Went down to the river today not really expecting to catch much but instead just look for new fishing spot, i only brought a cup of worms with me and a few minnows, well the new side sonar picked up a few good schools of catfish i caught alot of small ones and kept 7 good eaters with a flathead about 8 pounds before the bait ran out all in all i got over 30 fish and kept 7 gonna go back tomorrow and find some more spots this time ill be prepared


----------



## Snatch it (Feb 17, 2009)

Thanks for the report!!! I miss me some Catfishing!!!


----------



## jstblsd (Jul 6, 2010)

Man that is an awesome catch! I have a tough time trying to catfish. Good job!


----------



## CatHunter (Dec 31, 2008)

yea its hard, if your gonna do it and do it well, you have to kinda dedicate to it theres alot going on with them kittys


----------



## Bbagwell (Mar 10, 2010)

Nicely done.
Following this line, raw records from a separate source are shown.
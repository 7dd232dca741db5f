// A question's expressions as sums over the columns of a shape.
ghost use Rattle.std.specs.Prelude.{◌≡◌, ◌+◌, ◌<◌, ◌≤◌, [], ◌∷◌, All, IfOk, unsigned_abs};
ghost use Rattle.condition_tree.specs.Trees.{leaf};
ghost use Rattle.claims.specs.Subjects.{entry as of_entry, each_flow, part};
ghost use Rattle.clause_form.specs.Formulas.{formula_of};
ghost use Rattle.run_rows.specs.Columns.{HasEntry, HasFlow, rows_of};
ghost use Rattle.run_rows.specs.declared.shapes.Shape as shapes;
ghost use Rattle.run_rows.specs.Limits.{IsWithin};
ghost use Rattle.question_text.specs.Expressions.{HasNum, comparison_claim, lin_terms, scale_of_two, scale_with};
ghost use Rattle.question_text.specs.NameMeanings.{flow_terms, of_terms, row_at};
ghost use Rattle.unroll.specs.ClaimFormulas.{claim_formula};
ghost use Rattle.unroll.specs.QuestionFormulas.{counted};
ghost use Rattle.question_text.proofs.Columns.{HasOf};
ghost use Rattle.unroll.specs.QuestionLimits.{CanAdd, CanCompare};
ghost use Rattle.unroll.specs.Sums.{with_parts};

use crate::sums::Sum;
use clause_form::Formula;
use question_text::{Of, QLin, Rows};
use run_rows::{Entry, Shape};
use std::alloc::Global;
use weighing::{Rel5, Side, with_denominator};
use whole::NoMemory;

/// What each flow has on each row.
#[derive(Clone, Copy, Debug)]
pub(crate) enum Count {
    Arrived,
    Served,
    Lost,
}

impl Sum {
    /// The sum with a multiple of what a term is taken of.
    #[tactic(auto, using(whole::proofs::Overflow::signed))]
    fn plus_of(self, shape: &Shape, at: &Rows, factor: i128, of: Of) -> Result<Sum, NoMemory>
        requires within { IsWithin shape.now }
        requires of_in { HasOf shape.now at.now of }
        requires factor_to { unsigned_abs factor ≤ 1000000000000 }
        requires constant_to { unsigned_abs self.constant ≤ 100000000000000 }
        ensures value { IfOk result (λ sum. sum ≡ with_parts shape.now self (of_terms part shape.now.flows at.now factor of)) }
        ensures constant { IfOk result (λ sum. unsigned_abs sum.constant ≤ unsigned_abs self.constant + 1000000000000) }
    {
        match of {
            Of::One => Ok(self.plus_constant(factor)),
            Of::Credit => self.plus(shape, factor, Entry::Credit),
            Of::W(step) => {
                let row = row_of_step(shape, at, step);
                self.plus(shape, factor, Entry::W { row })
            }
            Of::A(flow, step) => {
                let row = row_of_step(shape, at, step);
                self.plus_count(shape, row, flow, Count::Arrived, factor)
            }
            Of::S(flow, step) => {
                let row = row_of_step(shape, at, step);
                self.plus_count(shape, row, flow, Count::Served, factor)
            }
            Of::L(flow, step) => {
                let row = row_of_step(shape, at, step);
                self.plus_count(shape, row, flow, Count::Lost, factor)
            }
            Of::X(state, flow, step) => {
                let row = row_of_step(shape, at, step);
                self.plus(shape, factor, Entry::X { row, flow, state })
            }
        }
    }

    /// The sum with a multiple of what a flow has on a row or, for flow 0, of what each has.
    #[tactic(auto, using(whole::proofs::Overflow::signed))]
    fn plus_count(
        self,
        shape: &Shape,
        row: u32,
        flow: u32,
        count: Count,
        factor: i128,
    ) -> Result<Sum, NoMemory>
        requires within { IsWithin shape.now }
        requires row_in { row < rows_of shape.now }
        requires flow_to { flow ≤ shape.now.flows }
        ensures value { IfOk result (λ sum. sum ≡ with_parts shape.now self (flow_terms part factor (counted count row) shape.now.flows flow)) }
        ensures constant { IfOk result (λ sum. sum.constant ≡ self.constant) }
    {
        if flow == 0 {
            return self.plus_each(shape, row, count, factor);
        }
        self.plus(shape, factor, entry(row, flow, count))
    }

    /// The sum with a multiple of what each flow has on a row.
    #[tactic(auto, using(whole::proofs::Overflow::signed))]
    fn plus_each(self, shape: &Shape, row: u32, count: Count, factor: i128) -> Result<Sum, NoMemory>
        requires within { IsWithin shape.now }
        requires row_in { row < rows_of shape.now }
        ensures value { IfOk result (λ sum. sum ≡ with_parts shape.now self (each_flow (λ f. part factor (counted count row f) ∷ []) shape.now.flows)) }
        ensures constant { IfOk result (λ sum. sum.constant ≡ self.constant) }
    {
        let mut sum = self;
        for index in 0..shape.flows {
            sum = sum.plus(shape, factor, entry(row, index + 1, count))?;
        }
        Ok(sum)
    }

    /// The sum with the terms of an expression on a side of a comparison.
    fn plus_named(
        self,
        shape: &Shape,
        at: &Rows,
        side: Side,
        scale: u32,
        lin: &QLin,
    ) -> Result<Sum, NoMemory>
        requires within { IsWithin shape.now }
        requires lin_in { CanAdd shape.now at.now lin.now }
        requires scale_to { scale ≤ 1000000 }
        requires constant_to { unsigned_abs self.constant ≤ 20000000000000 }
        ensures value { IfOk result (λ sum. sum ≡ with_parts shape.now self (lin_terms part shape.now.flows at.now side scale lin.now.terms)) }
        ensures constant { IfOk result (λ sum. unsigned_abs sum.constant ≤ unsigned_abs self.constant + 17000000000000) }
    {
        let mut sum = self;
        for term in lin.terms.as_slice() {
            let factor = term.coef.scaled(scale, side);
            sum = sum.plus_of(shape, at, factor, term.of)?;
        }
        Ok(sum)
    }
}

/// What a flow has on a row.
fn entry(row: u32, flow: u32, count: Count) -> Entry
    ensures value { of_entry result ≡ counted count row flow }
    ensures stands { (s : shapes.Shape) → HasFlow s row flow → HasEntry s result }
{
    match count {
        Count::Arrived => Entry::A { row, flow },
        Count::Served => Entry::S { row, flow },
        Count::Lost => Entry::L { row, flow },
    }
}

/// The row of a step.
fn row_of_step(shape: &Shape, at: &Rows, step: u32) -> u32
    requires within { IsWithin shape.now }
    requires row_in { row_at at.now step < rows_of shape.now }
    ensures { result ≡ row_at at.now step }
{
    at.opening + step
}

/// The least common multiple of the scale and the expression's denominators.
fn scale_with(start: u32, lin: &QLin) -> u32
    requires start_from { 1 ≤ start }
    requires numbers_in { All HasNum lin.now.terms }
    requires least_to { scale_with start lin.now.terms ≤ 1000000 }
    ensures { result ≡ scale_with start lin.now.terms }
{
    let mut scale = start;
    for term in lin.terms.as_slice() {
        scale = with_denominator(scale, term.coef);
    }
    scale
}

/// The least common multiple of the denominators of both sides.
fn scale_of_two(left: &QLin, right: &QLin) -> u32
    requires left_in { All HasNum left.now.terms }
    requires right_in { All HasNum right.now.terms }
    requires scale_to { scale_of_two left.now right.now ≤ 1000000 }
    ensures { result ≡ scale_of_two left.now right.now }
{
    let of_left = scale_with(1, left);
    scale_with(of_left, right)
}

/// That the sides of a comparison stand so.
pub(crate) fn named_comparison(
    alloc: Global,
    shape: &Shape,
    at: &Rows,
    left: &QLin,
    rel: Rel5,
    right: &QLin,
) -> Result<Formula, NoMemory>
    requires within { IsWithin shape.now }
    requires can { CanCompare shape.now at.now left.now right.now }
    ensures { IfOk result (λ f. formula_of f ≡ claim_formula shape.now (leaf (comparison_claim part shape.now.flows at.now left.now rel right.now))) }
{
    let scale = scale_of_two(left, right);
    let left_sum = Sum::new(alloc).plus_named(shape, at, Side::Left, scale, left)?;
    let sum = left_sum.plus_named(shape, at, Side::Right, scale, right)?;
    sum.related(alloc, rel)
}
I have been on the fence about buying a side imaging sonar. I would be interested to see how those schools look. I'm sure it brings a lot of things into perspective in the river. I just have to convince myself its worth the money.


----------



## CatHunter (Dec 31, 2008)

i can be the first to tell you, what i thought i new about my river, didn't mean crap every thing i new before iam just gonna forget it and start over, i give the side sonar 10 stars it amazes me every time i keep finding new stuff like sunkin boats and trees every where, even bait fish i didn't think Esambia river had much bait fish


----------



## RiverGulfFshr (Oct 2, 2007)

Good deal. Glad to see someone out on that river! Thats a good day with just an ole cup of worms. Keep after them kitties and lets go fishing sometime. By the way, interested about seeing more of this side scan.


----------



## DMC (Nov 28, 2010)

Nice catch. Which side sonar are u using?


----------



## CatHunter (Dec 31, 2008)

humminbird 798ci combo


----------